Background information
- Born: Václav Janda 21 March 1953 (age 73) Hranice, Czechoslovakia
- Genres: Rock; pop;
- Occupation: Musician
- Instrument: Vocals
- Years active: 1985–present
- Website: daliborjanda.cz

= Dalibor Janda =

Czech musician (born 1953)

Dalibor Janda (born 21 March 1953) is a Czech pop and rock singer, lyricist, and composer, whose popularity peaked in the 1980s. Between 1986 and 1988, he won the Zlatý slavík award three years in a row.

==Career==
Dalibor Janda, born Václav Janda in Hranice, in what was then Czechoslovakia, appeared on the music scene in the late 1970s and his popularity grew quickly.

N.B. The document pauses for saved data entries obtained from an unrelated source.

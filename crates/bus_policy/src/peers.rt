//! The peers of which something is known.

ghost use Rattle.std.specs.Prelude.{◌≡◌, ◌&&◌, ℕ, List, [], true, false, IfOk, OnOk, OnErr, None};
ghost use Rattle.std.specs.Option.{option_copied};
ghost use Rattle.bus_policy.specs.declared.policy.PolicyRule.{PolicyRule as TheRule};
ghost use Rattle.indexmap.specs.IndexMap.{get_by_text};
ghost use Rattle.std.specs.Str.{bytes_eq};
ghost use Rattle.bus_policy.specs.Watching.{KeepsKnown, known_of, unknown, known_after, changed_if, with_name, with_news, tells, without_call};
ghost use Rattle.bus_policy.specs.Events.{is_unique_like};

use crate::pattern::is_like_unique;
use crate::peer::{Peer, RawNews};
use crate::policy::PolicyRule;
use fp_base::Text;
use indexmap::IndexMap;
use std::alloc::{AllocError, Global};
use std::hash::BuildHasher;

/// The peers, by their unique names.
pub type Peers<S> = IndexMap<String, Peer<S>, S>;

/// Adds a peer with the first event about it. On an error nothing changes.
fn add_peer<S: BuildHasher + Copy>(
    peers: &mut Peers<S>,
    rules: &[PolicyRule],
    name: &str,
    news: RawNews<'_>,
) -> Result<(), AllocError>
    requires fresh { get_by_text peers.old name.now ≡ None }
    requires tells { tells rules.now news ≡ true }
    ensures ok { OnOk result ((q : List ℕ) → known_of rules.now (get_by_text peers.new q)
        ≡ changed_if (bytes_eq name.now q) (with_news rules.now news.entry)
        (known_of rules.now (get_by_text peers.old q))) }
    ensures err { OnErr result ((q : List ℕ) → known_of rules.now (get_by_text peers.new q)
        ≡ known_of rules.now (get_by_text peers.old q)) }
    ensures kept { KeepsKnown rules.now (get_by_text peers.old)
        → KeepsKnown rules.now (get_by_text peers.new) }
{
    let alloc = *peers.allocator();
    let name = String::from_str(alloc, name)?;
    let peer = Peer::with_news(alloc, *peers.hasher(), rules, news)?;
    peers.insert(name, peer)?;
    Ok(())
}

/// Adds an event that contains something about a peer. On an error nothing changes.
fn learn_more<S: BuildHasher + Copy>(
    peers: &mut Peers<S>,
    rules: &[PolicyRule],
    name: &str,
    news: RawNews<'_>,
) -> Result<(), AllocError>
    requires tells { tells rules.now news ≡ true }
    ensures ok { OnOk result ((q : List ℕ) → known_of rules.now (get_by_text peers.new q)
        ≡ changed_if (bytes_eq name.now q) (with_news rules.now news.entry)
        (known_of rules.now (get_by_text peers.old q))) }
    ensures err { OnErr result ((q : List ℕ) → known_of rules.now (get_by_text peers.new q)
        ≡ known_of rules.now (get_by_text peers.old q)) }
    ensures kept { KeepsKnown rules.now (get_by_text peers.old)
        → KeepsKnown rules.now (get_by_text peers.new) }
{
    match peers.get_mut(name) {
        Some(peer) => peer.learn(rules, news),
        None => add_peer(peers, rules, name, news),
    }
}

/// Adds an event about a peer. Nothing is stored if it contains nothing to store. Errs only if
/// memory runs out, and then nothing changes.
pub fn learn<S: BuildHasher + Copy>(
    peers: &mut Peers<S>,
    rules: &[PolicyRule],
    name: &str,
    news: RawNews<'_>,
) -> Result<(), AllocError>
    ensures ok { OnOk result ((q : List ℕ) → known_of rules.now (get_by_text peers.new q)
        ≡ changed_if (bytes_eq name.now q) (with_news rules.now news.entry)
        (known_of rules.now (get_by_text peers.old q))) }
    ensures err { OnErr result ((q : List ℕ) → known_of rules.now (get_by_text peers.new q)
        ≡ known_of rules.now (get_by_text peers.old q)) }
    ensures kept { KeepsKnown rules.now (get_by_text peers.old)
        → KeepsKnown rules.now (get_by_text peers.new) }
{
    if !news.tells(rules) {
        return Ok(());
    }
    learn_more(peers, rules, name, news)
}

/// Adds a name that a peer has now, if the peer's name is a unique one. Errs only if memory runs
/// out, and then nothing changes.
pub fn add_owned<S: BuildHasher + Copy>(
    peers: &mut Peers<S>,
    rules: &[PolicyRule],
    owner: &str,
    name: &str,
) -> Result<(), AllocError>
    ensures ok { OnOk result ((q : List ℕ) → known_of rules.now (get_by_text peers.new q)
        ≡ changed_if (is_unique_like owner.now && bytes_eq owner.now q)
        (with_name rules.now name.now)
        (known_of rules.now (get_by_text peers.old q))) }
    ensures err { OnErr result ((q : List ℕ) → known_of rules.now (get_by_text peers.new q)
        ≡ known_of rules.now (get_by_text peers.old q)) }
    ensures kept { KeepsKnown rules.now (get_by_text peers.old)
        → KeepsKnown rules.now (get_by_text peers.new) }
{
    if !is_like_unique(owner.as_bytes()) {
        return Ok(());
    }
    learn(peers, rules, owner, RawNews::Name(name))
}

/// Returns the peers that own names at the start. Errs only if memory runs out.
pub fn opening<S: BuildHasher + Copy>(
    alloc: Global,
    hash_builder: S,
    rules: &[PolicyRule],
    owners: &[(Text, Text)],
) -> Result<Peers<S>, AllocError>
    ensures known { IfOk result (λ peers. (q : List ℕ) →
        known_of rules.now (get_by_text peers q) ≡ known_after rules.now owners.now [] q) }
    ensures kept { IfOk result (λ peers. KeepsKnown rules.now (get_by_text peers)) }
{
    let mut peers = IndexMap::with_hasher(alloc, hash_builder);
    for (name, owner) in owners {
        add_owned(&mut peers, rules, owner.as_str(), name.as_str())?;
    }
    Ok(peers)
}

/// Removes a call of a peer that waits no longer.
fn end_call<S: BuildHasher + Copy>(peers: &mut Peers<S>, name: &str, serial: u32)
    ensures known { (rules : List TheRule) (q : List ℕ) → known_of rules (get_by_text peers.new q)
        ≡ changed_if (bytes_eq name.now q) (without_call serial)
        (known_of rules (get_by_text peers.old q)) }
    ensures others { (q : List ℕ) → bytes_eq name.now q ≡ false
        → get_by_text peers.new q ≡ get_by_text peers.old q }
{
    if let Some(peer) = peers.get_mut(name) {
        peer.remove_call(serial);
    }
}

/// Returns whether something is known of a peer.
fn is_known<S: BuildHasher + Copy>(peer: Option<&Peer<S>>, rules: &[PolicyRule]) -> bool
    ensures blank { result ≡ false
        → known_of rules.now (option_copied peer.entry) ≡ unknown rules.now }
    ensures known { known_of rules.now (option_copied peer.entry) ≡ unknown rules.now
        → result ≡ false }
{
    match peer {
        Some(peer) => !peer.is_blank(rules),
        None => false,
    }
}

/// Removes a peer if nothing is known of it.
fn forget_unknown<S: BuildHasher + Copy>(peers: &mut Peers<S>, rules: &[PolicyRule], name: &str)
    ensures known { (q : List ℕ) → known_of rules.now (get_by_text peers.new q)
        ≡ known_of rules.now (get_by_text peers.old q) }
    ensures kept { ((q : List ℕ) → bytes_eq name.now q ≡ false
        → known_of rules.now (get_by_text peers.old q) ≡ unknown rules.now
        → get_by_text peers.old q ≡ None) → KeepsKnown rules.now (get_by_text peers.new) }
{
    if !is_known(peers.get(name), rules) {
        peers.swap_remove(name);
    }
}

/// Removes a call of a peer that waits no longer, and then the peer if nothing else is known of it.
pub fn settle<S: BuildHasher + Copy>(
    peers: &mut Peers<S>,
    rules: &[PolicyRule],
    name: &str,
    serial: u32,
)
    ensures known { (q : List ℕ) → known_of rules.now (get_by_text peers.new q)
        ≡ changed_if (bytes_eq name.now q) (without_call serial)
        (known_of rules.now (get_by_text peers.old q)) }
    ensures kept { KeepsKnown rules.now (get_by_text peers.old)
        → KeepsKnown rules.now (get_by_text peers.new) }
{
    end_call(peers, name, serial);
    forget_unknown(peers, rules, name);
}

He began performing under the name Dalibor Janda in the 1980s and eventually had his name officially changed.

==Personal life==
Janda is married and has two children. His daughter, Jiřina Jandová, is also a singer. His son, Dalibor Janda Jr., committed suicide in 2003. In January 2021, Janda had a heart attack and was hospitalized.

==Discography==

Studio albums
- Hurikán Dalibor Janda & Prototyp (1986)
- Kde jsi Dalibor Janda & Prototyp (1987)
- 10 prstů pro život (1988)
- Take them to Mars (1989)
- Jen ty samotná a já (1990)
- Povídání s písničkami (1991)
- Co se má stát, to se stane (1992)
- V lásce nejsou mapy (1994)
- Harmonie zvěrokruhu (1995)
- Krásně šílená (1996)
- Ty jsi můj benzín (2000)
- Roky jako motýli (2003)
- Jeden den (2006)
- Páté poschodí (2007)
- Já se přiznám (2011)
- Někde v zemi nad zemí (2016)

Live albums
- Páté poschodí/Dalibor Janda v Lucerně (2007)
- Dalibor Janda 55 – Prototyp a hosté – Lucerna 2008 (2009)

Compilations
- Zlatý výběr (1993)
- 18 hitů o lásce (1998)
- Hurikán koktejl (2001)
- Hvězdné duety (2009)
- Velký flám (2018)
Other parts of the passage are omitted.